The Australian Mining Review
Gold demand at 8yr lows
Weak jewellery sector, ETF inflows blamed: World Gold Council
SOFT jewellery sector demand and lower inflows into exchange-traded funds ( ETFs) in Q3 2017 are blamed for the lowest level of global gold demand since Q3 2009. According to the World Gold Council’s latest
Gold Demand Trends report, the 9 per cent year-on-year drop to 915 tonnes (t) was attributed to a 3 per cent fall in global jewellery demand, as India’s new GST and tighter anti-money laundering regulations deterred buyers.
Inflows into gold-backed ETFs grew by just 19t compared with the remarkable 144t influx in Q3 2016.
Investors continued to favour gold’s risk-hedging properties, but the greater focus was on buoyant stock markets, the report stated.
Alistair Hewitt, Head of Market Intelligence World Gold Council said it was a tough quarter for gold demand, but there were bright spots.

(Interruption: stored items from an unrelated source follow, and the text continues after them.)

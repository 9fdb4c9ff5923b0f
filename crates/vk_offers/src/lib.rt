//! The commands whose batches were started, and which of their pieces may run next; and which
//! dependencies, waits and signals happen, as points come and pieces have run.
#![tactic(auto)]

mod counts;
mod happenings;
mod laws;
mod offers;

pub use happenings::Happenings;
pub use laws::{nothing_happens, offers_agree, points_are_on_queues, points_come_next, waits_go};
pub use offers::{Offers, run_at};
pub use vk_events::{Event, Range};
pub use vk_sync::Piece;
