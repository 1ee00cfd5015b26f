//! Rows of the command `batch`.

/// A plan and an input, and what `batch` leaves of them with ample memory and devices that work.
pub struct BatchCase {
    /// What the row shows.
    pub name: &'static str,
    /// The bytes of the plan.
    pub plan: &'static [u8],
    /// The bytes of the input.
    pub input: &'static [u8],
    /// What stands in the output afterwards, or none where no output is created.
    pub release: Option<&'static [u8]>,
    /// All that is reported.
    pub report: &'static [u8],
    /// The number of the exit status.
    pub status: u8,
}

/// The plan of most rows: one item, from 2021 on.
pub const FOOD_PLAN: &[u8] = b"start,2021\nitem,FOOD,\n";

/// Three years of food and of services, with benchmarks that are the sums of the indicators, and prices.
const FOOD_AND_SERVICES: &[u8] =
    b"ind,FOOD,2021Q1,100\nind,FOOD,2021Q2,100\nind,FOOD,2021Q3,100\nind,FOOD,2021Q4,100\nind,FOOD,2022Q1,110\nind,FOOD,2022Q2,110\nind,FOOD,2022Q3,110\nind,FOOD,2022Q4,110\nind,FOOD,2023Q1,120\nind,FOOD,2023Q2,120\nind,FOOD,2023Q3,130\nind,FOOD,2023Q4,130\nbench,FOOD,2021,400\nbench,FOOD,2022,440\nbench,FOOD,2023,500\nprice,FOOD,2021Q1,1000000\nprice,FOOD,2021Q2,1000000\nprice,FOOD,2021Q3,1000000\nprice,FOOD,2021Q4,1000000\nprice,FOOD,2022Q1,1375000\nprice,FOOD,2022Q2,1375000\nprice,FOOD,2022Q3,1375000\nprice,FOOD,2022Q4,1375000\nprice,FOOD,2023Q1,1000000\nprice,FOOD,2023Q2,1000000\nprice,FOOD,2023Q3,1000000\nprice,FOOD,2023Q4,1000000\nind,SERV,2021Q1,200\nind,SERV,2021Q2,200\nind,SERV,2021Q3,200\nind,SERV,2021Q4,200\nind,SERV,2022Q1,210\nind,SERV,2022Q2,210\nind,SERV,2022Q3,210\nind,SERV,2022Q4,210\nind,SERV,2023Q1,250\nind,SERV,2023Q2,250\nind,SERV,2023Q3,250\nind,SERV,2023Q4,250\nbench,SERV,2021,800\nbench,SERV,2022,840\nbench,SERV,2023,1000\nprice,SERV,2021Q1,1000000\nprice,SERV,2021Q2,1000000\nprice,SERV,2021Q3,1000000\nprice,SERV,2021Q4,1000000\nprice,SERV,2022Q1,700000\nprice,SERV,2022Q2,700000\nprice,SERV,2022Q3,700000\nprice,SERV,2022Q4,700000\nprice,SERV,2023Q1,1000000\nprice,SERV,2023Q2,1000000\nprice,SERV,2023Q3,1000000\nprice,SERV,2023Q4,1000000\n";

/// The rows of `batch`: benchmarked years, quarters after them, prices and chains, trees, last values, the spellings of
/// lines, and refused lines.
pub fn batches() -> &'static [BatchCase] {
    &BATCHES
}
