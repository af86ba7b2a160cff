// Calls drawn and served, each with its two lines.
ghost use Rattle.std.specs.Prelude.{◌≡◌, Some, None, List, ℕ};
ghost use Rattle.load_lines.specs.Progress.{turn, Writes};

use crate::{BOTH_ROOM, Load, Written};
use base_ten::put::put_word;
use call_text::put_call_line;
use line_text::Request;
use line_text::texts::{Count, put_line};
use serving::requests::serve;
use traffic::{Drawn, Workload, draw_call};

// The call after so many: fresh is the first.
fn next_call(cells: u16, state: u32, done: u32) -> Drawn
    ensures { result ≡ turn cells state done }
{
    if done == 0 {
        return Drawn {
            request: Request::Fresh(cells),
            state,
        };
    }
    draw_call(cells, state)
}

// The one line of an input that is no workload: with it all is done.
pub fn bad_line(load: Load, out: &mut [u8]) -> Written
    requires { load.asked ≡ None }
    ensures { (t scratch : List ℕ) → Writes load t scratch result.load result.written t scratch out.new }
{
    if 0 < load.done || out.len() < BOTH_ROOM {
        return Written { load, written: 0 };
    }
    let written = put_word(out, 0, b"BAD\n");
    Written {
        load: Load { done: 1, ..load },
        written,
    }
}

pub fn serve_calls(
    load: Load,
    workload: Workload,
    table: &mut [u16],
    scratch: &mut [u16],
    out: &mut [u8],
) -> Written
    requires { load.asked ≡ Some workload }
    ensures { Writes load table.old scratch.old result.load result.written table.new scratch.new out.new }
{
    let mut present = load;
    let mut count = Count::new(u64::from(present.done));
    let mut written = 0;
    // Kept: how many calls are made is part of the load that is handed on, so that a `for` would count them a second time.
    while present.done <= u32::from(workload.calls) {
        if out.len() - written < BOTH_ROOM {
            return Written {
                load: present,
                written,
            };
        }
        let drawn = next_call(workload.cells, present.state, present.done);
        present.state = drawn.state;
        present.done += 1;
        count.next();
        written = put_call_line(out, written, Some(drawn.request));
        let verdict = serve(table, &mut present.queue, scratch, drawn.request);
        written = put_line(out, written, &count, verdict);
    }
    Written {
        load: present,
        written,
    }
}
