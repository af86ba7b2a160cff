// The load program's lines: an input's bytes in, the calls that it asks for and their replies out. The definition of what comes out is specs/Listing.antt.
#![tactic(auto)]

mod lines;

ghost use Rattle.std.specs.Prelude.{◌≡◌};
ghost use Rattle.load_lines.specs.Progress.{started, is_more, Writes};

use call_text::LINE_ROOM;
use line_text::texts::ROOM;
use lines::{bad_line, serve_calls};
use machine::Queue;
use traffic::Workload;

// The most bytes of a call's line and its reply line.
pub const BOTH_ROOM: usize = LINE_ROOM + ROOM;

// What is carried from one part of the output to the next: what was asked, the generator's state, the calls made (fresh counts), and the queue.
#[derive(Clone, Copy)]
pub struct Load {
    pub asked: Option<Workload>,
    pub state: u32,
    pub done: u32,
    pub queue: Queue,
}

// After a part of the output: the load, and how much was written.
#[derive(Clone, Copy)]
pub struct Written {
    pub load: Load,
    pub written: usize,
}

impl Load {
    pub fn start(asked: Option<Workload>) -> Load
        ensures { result ≡ started asked }
    {
        let state = match asked {
            Some(workload) => workload.seed,
            None => 0,
        };
        Load {
            asked,
            state,
            done: 0,
            queue: Queue::empty(),
        }
    }

    // Nothing is left to write once more lines are done than there are calls. What is no workload has one line, as a load of no calls has.
    pub fn is_more(&self) -> bool
        ensures { result ≡ is_more self.now }
    {
        let calls = match self.asked {
            Some(workload) => workload.calls,
            None => 0,
        };
        self.done <= u32::from(calls)
    }
}

// Makes calls as far as the buffer has room for one more with its reply.
pub fn next(load: Load, table: &mut [u16], scratch: &mut [u16], out: &mut [u8]) -> Written
    ensures { Writes load table.old scratch.old result.load result.written table.new scratch.new out.new }
{
    match load.asked {
        Some(workload) => serve_calls(load, workload, table, scratch, out),
        None => bad_line(load, out),
    }
}
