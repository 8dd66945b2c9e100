//! Small callers, of texts that fit or don't.

ghost use Rattle.std.specs.Prelude.{◌≡◌, ◌≤◌, length, pos, true, IfSome, MatchOption, Ok};
ghost use Rattle.codec_encode.specs.Uses.{SaysAgain, getlk_asked, ioctl_asked};

use crate::answered::Answered;
use crate::fitting::{answer_offered, is_unfit};
use codec_calls::{AnswerData, CallData, ItemData};
use vfs_flags::DEFAULT_MAX_BUFFER;
use vfs_grammar::Limits;
use vfs_segments::Writer;

const LIMITS: Limits = Limits {
    page_size: 4096,
    max_buffer: DEFAULT_MAX_BUFFER,
};

/// A lock of 25 bytes doesn't answer that GETLK.
fn is_long_lock_unfit(call: &CallData, a: &AnswerData, lock: &[u8]) -> bool
    requires asked { call.now ≡ getlk_asked 0 4096 }
    requires fine { a.now.error ≡ pos 0 }
    requires lock { length lock.now ≡ 25 }
    ensures { result ≡ true }
{
    is_unfit(call, a, lock)
}

/// A lock of 24 bytes answers that GETLK: its reply has 40.
fn answer_getlk(call: &CallData, a: &AnswerData, lock: &[u8], w: &mut Writer) -> Option<Answered>
    requires asked { call.now ≡ getlk_asked 0 4096 }
    requires fine { a.now.error ≡ pos 0 }
    requires lock { length lock.now ≡ 24 }
    requires room { length w.old.left ≡ 4096 }
    ensures { MatchOption result ⊥ (λ came. came.outcome ≡ Ok 40) }
{
    answer_offered(LIMITS, call, a, lock, &[], w)
}

/// An IOCTL is not asked again with 128 places of input and 129 of output: that is one more than Linux takes.
fn are_257_places_unfit(call: &CallData, a: &AnswerData, text: &[u8]) -> bool
    requires asked { call.now ≡ ioctl_asked 0 65536 }
    requires fine { a.now.error ≡ pos 0 }
    requires places { SaysAgain text.now 128 129 }
    ensures { result ≡ true }
{
    is_unfit(call, a, text)
}

/// Of two items at most two are in a reply.
fn answer_two_items(
    call: &CallData,
    a: &AnswerData,
    items: &[ItemData<'_>],
    w: &mut Writer,
) -> Option<Answered>
    requires { length items.now ≡ 2 }
    ensures { IfSome result (λ came. came.taken ≤ 2) }
{
    answer_offered(LIMITS, call, a, &[], items, w)
}
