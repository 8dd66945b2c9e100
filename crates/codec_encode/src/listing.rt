//! The records of a directory, from the items that were offered.

ghost use Rattle.std.specs.Prelude.{◌≡◌, ◌≤◌, length, Ok, Err, Some};
ghost use Rattle.vfs_files.specs.Values.{item, name_of, name_text};
ghost use Rattle.vfs_grammar.specs.Listing.{answer_at, Fails};
ghost use Rattle.codec_encode.specs.Offered.{item_told, taken_by, AddsItem, ReadsOffered};

use codec_calls::{ItemData, fault_of};
use vfs_files::{CStr, DirEntry};
use vfs_flags::Fault;
use vfs_listings::{add_dirent, dot_entry, is_dot, record_len};
use vfs_segments::Writer;

/// What was put of a directory.
#[derive(Drop)]
pub(crate) struct Listed {
    /// How many bytes of records there are, or the fault that is replied in their place.
    pub answer: Result<usize, Fault>,
    /// How many items are in the reply.
    pub taken: usize,
}

impl Listed {
    /// `written` bytes of records, of `taken` items.
    fn of(written: usize, taken: usize) -> Listed
        ensures { result ≡ record { answer = Ok written; taken = taken } }
    {
        Listed {
            answer: Ok(written),
            taken,
        }
    }

    /// The fault in place of records: no item is in the reply.
    pub(crate) fn failed(fault: Fault) -> Listed
        ensures { result ≡ record { answer = Err fault; taken = 0 } }
    {
        Listed {
            answer: Err(fault),
            taken: 0,
        }
    }
}

/// An item with this name.
fn named<'a>(offered: &ItemData<'_>, name: CStr<'a>) -> DirEntry<'a>
    ensures { item result ≡ item_told offered.now (name_text name.entry) }
{
    DirEntry {
        ino: offered.ino,
        offset: offered.offset,
        type_: offered.type_,
        name,
    }
}

/// Whether the first segment has the next `len` bytes. No promise rests on it: what is put is the same.
#[inline(always)]
pub(crate) fn has_left(w: &Writer, len: usize) -> bool {
    match w.segments().first() {
        Some(first) => { w.bytes_written() < first.len() && len <= first.len() - w.bytes_written() }
        None => false,
    }
}

/// Adds the record of an item with this name, where `plus` with its entry. A fault of its lookup is the
/// answer.
#[cold]
#[inline(never)]
fn add_anywhere(
    offered: &ItemData<'_>,
    name: CStr<'_>,
    plus: bool,
    max: usize,
    w: &mut Writer,
) -> Result<usize, Fault>
    requires { name_of offered.now.name.now ≡ Some (name_text name) }
    ensures { AddsItem plus max offered.now w.old result w.new }
{
    let item = named(offered, name);
    if !plus {
        return add_dirent(w, max, item, None);
    }
    if is_dot(name.to_bytes()) {
        return add_dirent(w, max, item, Some(dot_entry(item)));
    }
    if offered.error != 0 {
        return Err(fault_of(offered.error));
    }
    add_dirent(w, max, item, Some(offered.entry.entry()))
}

/// The same. Most records lie in the first segment: those are spelled right from the item into the room. For
/// one over a cut the entry is put together in memory, so that is apart, with what is rare.
#[inline(always)]
fn add_item(
    offered: &ItemData<'_>,
    name: CStr<'_>,
    plus: bool,
    max: usize,
    w: &mut Writer,
) -> Result<usize, Fault>
    requires { name_of offered.now.name.now ≡ Some (name_text name) }
    ensures { AddsItem plus max offered.now w.old result w.new }
{
    let bytes = name.to_bytes();
    if !plus && has_left(w, record_len(bytes, false)) {
        return add_dirent(w, max, named(offered, name), None);
    }
    if plus && offered.error == 0 && !is_dot(bytes) && has_left(w, record_len(bytes, true)) {
        return add_dirent(w, max, named(offered, name), Some(offered.entry.entry()));
    }
    add_anywhere(offered, name, plus, max, w)
}

/// What is answered where an item fails after that many bytes of records, of that many items.
fn tell(plus: bool, written: usize, taken: usize, fault: Fault) -> Listed
    ensures answer { result.answer ≡ answer_at plus written (Fails fault) }
    ensures taken { result.taken ≡ taken_by result.answer taken }
    ensures within { result.taken ≤ taken }
{
    if plus && written > 0 {
        Listed::of(written, taken)
    } else {
        Listed::failed(fault)
    }
}

/// Puts the records of items, at most `size` bytes of them, where `plus` with their entries, up to
/// the first item that isn't written, or whose name is none.
pub(crate) fn put_items(items: &[ItemData<'_>], plus: bool, size: usize, w: &mut Writer) -> Listed
    ensures reads { ReadsOffered plus size items.now w.old result.answer result.taken w.new }
    ensures within { result.taken ≤ length items.now }
{
    let mut written = 0;
    let mut taken = 0;
    'items: for offered in items {
        match CStr::from_bytes_with_nul(offered.name) {
            None => return Listed::of(written, taken),
            Some(name) => match add_item(offered, name, plus, size - written, w) {
                Ok(0) => return Listed::of(written, taken),
                Ok(len) => {
                    written += len;
                    taken += 1;
                }
                Err(fault) => return tell(plus, written, taken, fault),
            },
        }
    }
    Listed::of(written, taken)
}
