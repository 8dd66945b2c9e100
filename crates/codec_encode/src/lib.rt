//! The reply to a call that was made elsewhere, from its data and those of its answer.
//!
//! Nothing here sees the request again, calls a file system or takes memory.
#![tactic(auto)]

mod answered;
mod call;
mod fitting;
mod listing;
mod reply;
mod uses;
mod uses_fitting;
mod value;

pub use answered::Answered;
pub use call::answer;
pub use fitting::{EIO, answer_offered, is_unfit};
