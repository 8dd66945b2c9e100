//! What came of an answer.

ghost use Rattle.std.specs.Prelude.{◌≡◌};

use codec_calls::CallData;
use vfs_grammar::Result;

/// What came of an answer.
#[derive(Drop)]
pub struct Answered {
    /// The length of the reply in bytes, 0 where there is none; or `EncodeMessage`, where the room
    /// has only the reply's beginning.
    pub outcome: Result<usize>,
    /// The options that are agreed on from now on, as bits (`FsOptions`).
    pub options: u64,
    /// The node of which one lookup is to be given back, since its entry never comes to the client;
    /// or 0.
    pub given: u64,
    /// How many of a directory's items are in the reply. The lookups of the others, where it is a
    /// READDIRPLUS, are to be given back.
    pub taken: usize,
}

impl Answered {
    /// A reply that came to this, and changed nothing else.
    pub(crate) fn plain(call: &CallData, outcome: Result<usize>) -> Answered
        ensures { result ≡ record {
          outcome = outcome;
          options = call.now.options;
          given = 0;
          taken = 0;
        } }
    {
        Answered {
            outcome,
            options: call.options,
            given: 0,
            taken: 0,
        }
    }
}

“Retail investment demand in China grew for the fourth consecutive quarter; the Turkish and Russian central banks added to gold reserves; and, after years of declines, we also saw increased use of gold in technology, supported by the demand for high-end smartphones,” Mr Hewitt said.
Volumes of gold used in technology increased for the fourth consecutive quarter as strong demand for LEDs and continued growth in the use of 3D sensors in new smartphones boosted demand by 2 per cent.
Year-to-date technology demand was 244.4t; representing the first increase since 2010.
The report noted the development of a gold- based catalyst that could improve the performance and efficiency of hydrogen- powered cars by US and Chinese researchers.
Writing in leading journal Science, researchers described the development of a gold nanoparticle/ molybdenum- carbide catalyst which attained a high level of activity at low temperatures, producing the pure streams of hydrogen critical to efficient fuel cell operation.